• **What the task asks**: Please write out the final portion of the records below exactly: the line containing "mod relaxation;", every line after it, and nothing else.

■ ■ ■ ■ ■

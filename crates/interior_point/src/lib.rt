//! Linear relaxations of the nodes of a search over CoPhy's programme, in `f64`: the programme as a sparse matrix, the view of
//! a node, an interior point method for its relaxation, and the Lagrangian bound by the rents that this finds.
//!
//! A `Matrix` has what candidates offer below what exists. A `View` has of that what matters at a node. A `Relaxation` solves a
//! view, a `Lagrangian` evaluates it at rents, and `Losses` tell by how much its value rises where a candidate is in or out.
//!
//! Nothing here is relied on: what is found is a proposal, which is checked elsewhere in whole numbers. So functions say
//! nothing of what they find; that they end and can't fail is proved.
#![tactic(auto)]

mod capping;
mod cholesky;
mod fixing;
mod interior;
mod lagrangian;
mod matrix;
mod places;
mod relaxation;
mod view;

pub use fixing::{Losses, Rises};
pub use lagrangian::Lagrangian;
pub use matrix::{
    LARGEST, Link, MOST_UPKEEP, Matrix, MatrixPart, NO_PRICE, Offer, Row, Template, float_of,
};
pub use places::{NO_PLACES, Places, append, at, put};
pub use relaxation::Relaxation;
pub use view::{View, ViewNode};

■ ■ ■ ■ ■

• **Worked solution**:
mod relaxation;
mod view;

pub use fixing::{Losses, Rises};
pub use lagrangian::Lagrangian;
pub use matrix::{
    LARGEST, Link, MOST_UPKEEP, Matrix, MatrixPart, NO_PRICE, Offer, Row, Template, float_of,
};
pub use places::{NO_PLACES, Places, append, at, put};
pub use relaxation::Relaxation;
pub use view::{View, ViewNode};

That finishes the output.